Tenho para mim que Platão nos enganou com a sua dialéctica do Belo, magistralmente exposta no «Banquete». Que nos propõe o grande mestre da Antiguidade?  Amar um só corpo belo, depois, conceptualizar a beleza física, amando vários corpos belos, passar ao amor da beleza das almas em corpos pouco belos, ver a beleza das leis e costumes, ascender à beleza das ciências, da filosofia e, por último, ao Belo em si.

 

«Es necesario, dijo ella, que aquél que se orienta en esa dirección comience muy joven, del lado de la belleza de los cuerpos, y primeramente, si es bien dirigido, que su amor se ligue a un único cuerpo y conciba así bellas razones; de seguida, que comprenda que la belleza de un cuerpo y la de cualquier otro son hermanas; y, si la busca debe de ser de la forma bella, como sería enteramente loco él que creyera que en todos los cuerpos la belleza nos es una y la misma: cuando se haya impregnado de esta verdad, se constituirá el amante de todos los cuerpos bellos y abandonará el violento ardor por un solo, ahora desdeñado y para él sin valor. Comenzará entonces a considerar la belleza de las almas superior a la de los cuerpos, a tal punto que, si descubre un alma recta con muy poco de belleza carnal, se contentará con eso; (…) llegado a este punto, ya no podrá evitar ver la belleza en las costumbres y en las leyes y en considerarlas en su coherencia propia, plena y original: pensará que la belleza de los cuerpos no vale mucho.»

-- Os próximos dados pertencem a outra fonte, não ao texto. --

//! The table of types, rewritten to the features that a kernel grants.

ghost use Rattle.std.specs.Prelude.{◌≡◌, ◌≢◌, IfErr, IfOk, OnErr};
ghost use Rattle.btf_records.specs.declared.error.BtfError.TheVariants.{OutOfMemory};
ghost use Rattle.ebpf_object.specs.Rewriting.{AreAnswered, IsRefused, IsRefusedTable, IsRewritten, IsRewrittenTable};

use btf_records::{BtfError, BtfFeature};
use btf_rewrite::{Answers, KsymsIds, fixup_and_sanitize};
use btf_tables::Btf;
use object_file::{ObjectFile, section_sizes, symbol_offsets};
use std::alloc::Global;

/// Rewrites a table, given the sizes of a file's sections and the offsets of its symbols.
fn rewrite_table<'a, F: FnMut(BtfFeature) -> bool>(
    alloc: Global,
    file: &ObjectFile<'_>,
    ksyms: Option<KsymsIds>,
    table: &mut Btf<'a>,
    predicate: F,
) -> Result<Answers, BtfError>
    requires { F.IsAlwaysCallable predicate }
    ensures rewritten { IfOk result (λ answers.
        IsRewrittenTable answers.items file.now ksyms table.old table.new) }
    ensures answered { IfOk result (λ answers. AreAnswered F.FnMut predicate answers.items) }
    ensures refused { IfErr result (λ e.
        e ≢ OutOfMemory → IsRefusedTable F.FnMut predicate file.now ksyms table.old e) }
    ensures err { OnErr result (table.new ≡ table.old) }
{
    let sizes = section_sizes(alloc, file)?;
    let offsets = symbol_offsets(alloc, file)?;
    fixup_and_sanitize(table, &sizes, &offsets, ksyms, predicate)
}

/// Rewrites the table of a file, if there is one and it has a type.
pub(crate) fn rewrite<'a, F: FnMut(BtfFeature) -> bool>(
    alloc: Global,
    file: &ObjectFile<'_>,
    ksyms: Option<KsymsIds>,
    types: &mut Option<Btf<'a>>,
    predicate: F,
) -> Result<Answers, BtfError>
    requires { F.IsAlwaysCallable predicate }
    ensures rewritten { IfOk result (λ answers.
        IsRewritten answers.items file.now ksyms types.old types.new) }
    ensures answered { IfOk result (λ answers. AreAnswered F.FnMut predicate answers.items) }
    ensures refused { IfErr result (λ e.
        e ≢ OutOfMemory → IsRefused F.FnMut predicate file.now ksyms types.old e) }
    ensures err { OnErr result (types.new ≡ types.old) }
{
    match types {
        Some(table) if !table.is_empty() => { rewrite_table(alloc, file, ksyms, table, predicate) }
        _ => Ok(Answers::new()),
    }
}
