//! What passes write into the slots of an object's functions.

ghost use Rattle.std.specs.Prelude.{◌≡◌, ◌≢◌, true, IfErr, OnErr, OnOk};
ghost use Rattle.std.specs.Option.{option_map};
ghost use Rattle.std.specs.String.{string_bytes};
ghost use Rattle.ebpf_object.specs.Helpers.{IsSanitized};
ghost use Rattle.object_parts.specs.Content.{has_newer_helper};
ghost use Rattle.relocation_errors.specs.declared.error.RelocationError.TheVariants as RelocationError;
ghost use Rattle.slot_relocation.specs.Externs.{extern_rule};
ghost use Rattle.slot_relocation.specs.Maps.{given, map_rule};
ghost use Rattle.slot_relocation.specs.Writes.{AreRelocated, CanBeRelocated, HasErrorIn};

use crate::object::Object;
use relocation_errors::EbpfRelocationError;
use slot_relocation::{NumberedMap, relocate_externs, relocate_maps};
use std::collections::BTreeSet;

impl<'a> Object<'a> {
    /// Writes the numbers of maps into the slots of relocations by maps and variables:
    /// [`relocate_maps`]. `text_sections` are the indexes of the sections with functions.
    ///
    /// # Errors
    ///
    /// Those of [`relocate_maps`], with the function's name; the object is as before then.
    #[tactic(auto, using(crate::proofs::Linked::functions_stay_relocated))]
    pub fn write_map_numbers(
        &mut self,
        maps: &[NumberedMap<'_>],
        text_sections: &BTreeSet<usize>,
    ) -> Result<(), EbpfRelocationError>
        ensures relocated { OnOk result
            (AreRelocated (map_rule (given self.old.file text_sections.now.keys maps.now))
            self.old.file self.old.functions self.new.functions) }
        ensures sound { OnOk result
            (CanBeRelocated (map_rule (given self.old.file text_sections.now.keys maps.now))
            self.old.file self.old.functions) }
        ensures others { self.new ≡ record self.old { functions = self.new.functions } }
        ensures fault { IfErr result (λ e.
            e.error ≢ RelocationError.OutOfMemory
            → HasErrorIn (map_rule (given self.old.file text_sections.now.keys maps.now))
            self.old.file self.old.functions (option_map string_bytes e.function) e.error) }
        ensures unchanged { OnErr result (self.new ≡ self.old) }
    {
        relocate_maps(
            self.alloc,
            &self.file,
            &mut self.functions,
            maps,
            text_sections,
        )
    }

    /// Writes what is known about the kernel's functions and variables into the slots of
    /// relocations by externs: [`relocate_externs`].
    ///
    /// # Errors
    ///
    /// Those of [`relocate_externs`], with the function's name; the object is as before then.
    #[tactic(auto, using(crate::proofs::Linked::functions_stay_relocated))]
    pub fn relocate_externs(&mut self) -> Result<(), EbpfRelocationError>
        ensures relocated { OnOk result
            (AreRelocated (extern_rule self.old.file self.old.externs.by_name) self.old.file
            self.old.functions self.new.functions) }
        ensures sound { OnOk result
            (CanBeRelocated (extern_rule self.old.file self.old.externs.by_name) self.old.file
            self.old.functions) }
        ensures others { self.new ≡ record self.old { functions = self.new.functions } }
        ensures fault { IfErr result (λ e.
            e.error ≢ RelocationError.OutOfMemory
            → HasErrorIn (extern_rule self.old.file self.old.externs.by_name) self.old.file
            self.old.functions (option_map string_bytes e.function) e.error) }
        ensures unchanged { OnErr result (self.new ≡ self.old) }
    {
        relocate_externs(self.alloc, &self.file, &mut self.functions, &self.externs)
    }

    /// Replaces calls of newer helpers by calls of older ones where the kernel lacks the newer: 4
    /// replaces 112 and 113, 45 replaces 114 and 115. `probe` says whether the kernel has them; it
    /// is called only where a slot calls one. Takes no memory.
    #[tactic(auto, using(crate::proofs::Linked::functions_stay_renamed))]
    pub fn sanitize_functions<P: FnOnce() -> bool>(&mut self, probe: P)
        requires { has_newer_helper self.old.functions ≡ true → P.pre probe }
        ensures sanitized { IsSanitized (P.post probe) self.old.functions self.new.functions }
        ensures others { self.new ≡ record self.old { functions = self.new.functions } }
    {
        if self.functions.has_newer_helper() && !probe() {
            self.functions.rename_helpers();
        }
    }
}
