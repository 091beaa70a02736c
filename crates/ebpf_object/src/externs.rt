//! The externs of an object, resolved.

ghost use Rattle.std.specs.Prelude.{◌≡◌, ◌≢◌, None, Some, false, option_copied, IfErr, IfSome, IsOk, OnErr, OnOk};
ghost use Rattle.std.specs.Option.{IsSomeAnd};
ghost use Rattle.extern_resolution.specs.Outcomes.{is_any_sought};
ghost use Rattle.extern_resolution.specs.Resolution.{AreResolved, CannotResolve, ForText};
ghost use Rattle.extern_resolution.specs.declared.error.KsymsError.TheVariants.{OutOfMemory};
ghost use Rattle.watched.specs.Watched.{has_failed, watched_inner};

use crate::object::Object;
use btf_tables::Btf;
use extern_resolution::{KsymsError, resolve_externs};
use std::io::BufRead;
use watched::Watched;

impl Object<'_> {
    /// Resolves the externs: those with a type by the kernel's types `kernel`, the others by the
    /// kernel's symbols, a text in the format of /proc/kallsyms. A weak extern that is missing gets
    /// address 0. Without a table of types, nothing is done. Where no extern without a type is left
    /// to resolve, nothing is read. Everything else of the object stays; on a refusal the externs
    /// stay too.
    pub fn resolve_externs<R: BufRead>(
        &mut self,
        kernel: Option<&Btf<'_>>,
        symbols: &mut Watched<R>,
    ) -> Result<(), KsymsError>
        ensures externs { OnOk result
            (IfSome self.old.types (λ t.
            ForText (R.remaining (watched_inner symbols.old)) (λ text.
            AreResolved t (option_copied kernel.entry) text (has_failed symbols.new)
            self.old.externs self.new.externs))) }
        ensures others { self.new ≡ record self.old { externs = self.new.externs } }
        ensures refused { IfErr result (λ f.
            f ≢ OutOfMemory
            → IsSomeAnd self.old.types (λ t.
            ForText (R.remaining (watched_inner symbols.old)) (λ text.
            CannotResolve t (option_copied kernel.entry) text (has_failed symbols.new)
            self.old.externs f))) }
        ensures no_table { self.old.types ≡ None
            → (IsOk result) × (self.new ≡ self.old) × (symbols.new ≡ symbols.old) }
        ensures err { OnErr result (self.new ≡ self.old) }
        ensures unread { is_any_sought self.old.externs.by_name ≡ false
            → symbols.new ≡ symbols.old }
    {
        resolve_externs(
            self.alloc,
            &mut self.externs,
            self.btf.as_ref(),
            kernel,
            symbols,
        )
    }
}
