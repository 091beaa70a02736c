//! Parsed eBPF objects, and the items of the crates that make them up.
#![tactic(auto)]

mod copies;
mod externs;
mod globals;
mod hashed;
mod object;
mod rewriting;
mod slots;
mod text_sections;
mod type_relocations;

pub use btf_ext::{BtfExt, FuncSecInfo, LineSecInfo, bpf_func_info, bpf_line_info};
pub use btf_records::{BtfError, BtfFeature, Endianness};
pub use btf_rewrite::{Answers, KsymsIds};
pub use btf_tables::Btf;
pub use ebpf_items::{
    BtfMap, BtfMapDef, CgroupSkbAttachType, CgroupSockAddrAttachType, CgroupSockAttachType,
    CgroupSockoptAttachType, EbpfSectionKind, InvalidSection, InvalidTypeBinding, LegacyMap, Map,
    MapWord, ParseError, PinningError, PinningType, ProgramSection, RelocationKind,
    SkReuseportAttachType, SkSkbKind, SlotIter, Slots, Watched, XdpAttachType, bpf_attach_type,
    bpf_insn, bpf_map_def, bpf_map_info, bpf_map_type, bpf_prog_type, copy_instructions,
    parse_map_info,
};
pub use elf64::{ElfError, RelocView, SectionView, SymbolKind, SymbolView};
pub use extern_resolution::KsymsError;
pub use object::Object;
pub use object_externs::{ExternDesc, Externs};
pub use object_file::{ObjectFile, OpenedFile, ReadSection, ReadSymbol, unnamed_symbol};
pub use object_maps::Maps;
pub use object_parse::{function_without_code, name_at};
pub use object_parts::{Function, Functions, MatchedTables, Program, Programs};
pub use relocation_errors::{
    BtfRelocationCause, BtfRelocationError, EbpfRelocationError, RelocationError, RelocationPlace,
};
pub use settings::{GlobalValue, GlobalValues};
pub use slot_relocation::NumberedMap;
pub use watched::TakeBytes;
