//! The sections of an object that have functions.

ghost use Rattle.std.specs.Prelude.{◌≡◌, IfOk};
ghost use Rattle.ebpf_object.specs.TextSections.{AreTextSections, text_sections};

use object_parts::Functions;
use std::alloc::{AllocError, Global};
use std::collections::BTreeSet;

/// The indexes of the sections that some functions lie in.
pub(crate) fn text_sections(
    alloc: Global,
    functions: &Functions<'_>,
) -> Result<BTreeSet<usize>, AllocError>
    ensures value { IfOk result (λ sections. sections.keys ≡ text_sections functions.now) }
    ensures at { IfOk result (λ sections. AreTextSections functions.now sections.keys) }
{
    let mut sections = BTreeSet::new(alloc);
    for (key, _function) in functions.iter() {
        sections.insert(key.0)?;
    }
    Ok(sections)
}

«De las costumbres, pasará a las ciencias, para mantener su belleza por debajo de sus ojos; viéndola ya numerosa y no asociada a un único objeto(…) Se dejará sumergir por el inmenso océano de la belleza, contemplará todas las razones en su espléndida abundancia y concebirá generosamente las ideas magníficas de la filosofía; (…) después de haber tenido en la diana de sus ojos las cosas bellas en su orden, llegando al término de su búsqueda del amor, ese contemplará, súbito, una belleza originalmiente maravillosa: la misma, Sócrates, por la que los hombres han penado hasta el presente y que, en primer lugar, no naciendo ni muriendo, es eterna, no sufre crecimiento ni disminución; que, además, no es bella desde un punto de vista, fea desde otro, ni bella según las ocasiones, ni bella en un aspecto ni fea en otro, ni bella ni fea según el lugar y según aquellos que la ven. No imaginará esa belleza con un rostro, manos ni nada de lo que participa en la naturaleza corporal; también no es una razón, una ciencia, ni nada que resida en lo que no sea ella misma - por ejemplo, en un ser vivo, en una tierra, en un cielo…- mas existe en sí misma y por sí misma, y cualquier otra belleza del universo participa de su ser.…» (Platón, El banquete, VIII, 9)

 

A falácia platónica sobre o belo reside na redução das diversas noções de belo físico, belo psíquico, belo jurídico-político, belo científico, belo filosófico, a uma só, a do Belo em si. Ora, o belo físico de um corpo suscita Eros e não é o mesmo que o belo das almas, das leis e das ciências. Uma jovem de 18 anos de idade é, em princípio, fisicamente mais bela que uma mulher de 65 anos, ainda que esta possa ser moralmente mais bela.

 

Não creio, pois, que os dois tipos de belo, o físico e o espiritual, correspondam ao mesmo arquétipo de belo. O Belo físico feminino tem de ser um arquétipo com olhos, mãos, seios, ancas, pernas - uma forma perfeitíssima.

 

Digam o que disserem, que «a mulher se torna mais bela com o passar da idade», ninguém me tira da cabeça que a idade de ouro da beleza da mulher é dos 18 aos 25 anos. O arquétipo de mulher bela, subsistente no Inteligível, deve ter essa idade - uma idade imóvel, que não passa. Sempre amarei as mulheres de 18 a 25 anos, pelo menos no cinematógrafo da minha imaginação. Amo nelas o arquétipo.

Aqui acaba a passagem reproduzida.